I actually just made shelfs on goodreads for the books I bought since I got my Kindle at the end of 2008 and haven't read yet. I will eventually read most of them though. I buy a lot of stuff when its on sale. It was fun going through just now through my manage kindle page and see the deals I used to get in the first couple of years or so of owning my Kindle. 

So I got a bout 200 I still need to read.  . Out of those I will probably never read about 10. Those were some I bought within weeks of getting my Kindle and I went a bit crazy with bargains and freebies.  

But the rest, I will get to eventually. Its just that I am all over the place. I buy sales, then I buy something out of the blue to read right away, or I get something recommended and have to read it now, or one of my favorite author comes out with a new one, then the library........ You get the idea.  

Its not like the books are going anywere. They'll be there when I am ready for them. Meanwhile, I save money buy buying lots of them when they are on sale.


----------



## Ann in Arlington (Oct 27, 2008)

Atunah said:


> I actually just made shelfs on goodreads for the books I bought since I got my Kindle at the end of 2008 and haven't read yet. I will eventually read most of them though. I buy a lot of stuff when its on sale. It was fun going through just now through my manage kindle page and see the deals I used to get in the first couple of years or so of owning my Kindle.
> 
> So I got a bout 200 I still need to read. . Out of those I will probably never read about 10. Those were some I bought within weeks of getting my Kindle and I went a bit crazy with bargains and freebies.


Yeah. . . I have some of those too. In the early days of kindle, the availability of inexpensive -- even free! -- books kind of went to my head. I grabbed 'em all, rationalizing that, while it might not be my favorite thing, it was something I could read if there was nothing else available. I'd not yet realized that instant availability via the Amazon store meant that I'd never again have nothing else available. 

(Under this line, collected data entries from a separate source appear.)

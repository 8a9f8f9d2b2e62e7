//! The answer that a question expects.

ghost use Rattle.std.specs.Prelude.{◌≡◌, map};
ghost use Rattle.questions.specs.Questions.{expected_by, expected_of, status_of, without_expected};

/// The answer that a question expects.
#[derive(Clone, Copy, Debug, PartialEq, Eq)]
pub enum Expected {
    /// The properties hold, or the outcomes are the expected ones.
    Holds,
    /// A property fails, or the outcomes are not the expected ones: `(fails)`.
    Fails,
    /// A thread traps: `(traps)`.
    Traps,
    /// An order is stuck: `(stuck)`.
    Stuck,
}

impl Expected {
    /// The exit status of `txc outcomes` for this answer.
    pub fn status(self) -> u8
        ensures { result ≡ status_of self }
    {
        match self {
            Expected::Holds => 0,
            Expected::Fails => 5,
            Expected::Traps => 3,
            Expected::Stuck => 4,
        }
    }
}

/// The expected answer, if this is the last word.
fn expected_by(word: &[u8]) -> Expected
    ensures { result ≡ expected_by word.now }
{
    if word == b"(fails)".as_slice() {
        Expected::Fails
    } else if word == b"(traps)".as_slice() {
        Expected::Traps
    } else if word == b"(stuck)".as_slice() {
        Expected::Stuck
    } else {
        Expected::Holds
    }
}

/// The answer that words expect.
pub fn answer_expected(words: &[&[u8]]) -> Expected
    ensures { result ≡ expected_of (map (λ w. w.now) words.now) }
{
    let mut expected = Expected::Holds;
    'words: for word in words {
        expected = expected_by(*word);
    }
    expected
}

/// The words without the one that says which answer is expected.
pub fn without_expected<'w, 't>(words: &'w [&'t [u8]]) -> &'w [&'t [u8]]
    ensures { map (λ w. w.now) result.now ≡ without_expected (map (λ w. w.now) words.now) }
{
    match answer_expected(words) {
        Expected::Holds => words,
        Expected::Fails | Expected::Traps | Expected::Stuck => &words[..words.len() - 1],
    }
}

But I do go back every now and then and look at the oldest pages on MYK. . .sometimes I go ahead and decide to get rid of things. . .especially if they were free and they're also not something my brother, who now shares my account, would be interested in.


----------



## Atunah (Nov 20, 2008)

I attempt once in a while to cull out free stuff that nobody will ever read. The only issue I run in to is that when I finally make it to the page I need to be and I delete something, it jumps to the first page again. Its a pain to get rid of stuff that is in the middle of my 140 or so pages.


----------



## LGOULD (Jul 5, 2011)

What gets my goat is people who don't read the books they download but still feel free to review them.


----------



## Ann in Arlington (Oct 27, 2008)

Atunah said:


> I attempt once in a while to cull out free stuff that nobody will ever read. The only issue I run in to is that when I finally make it to the page I need to be and I delete something, it jumps to the first page again. Its a pain to get rid of stuff that is in the middle of my 140 or so pages.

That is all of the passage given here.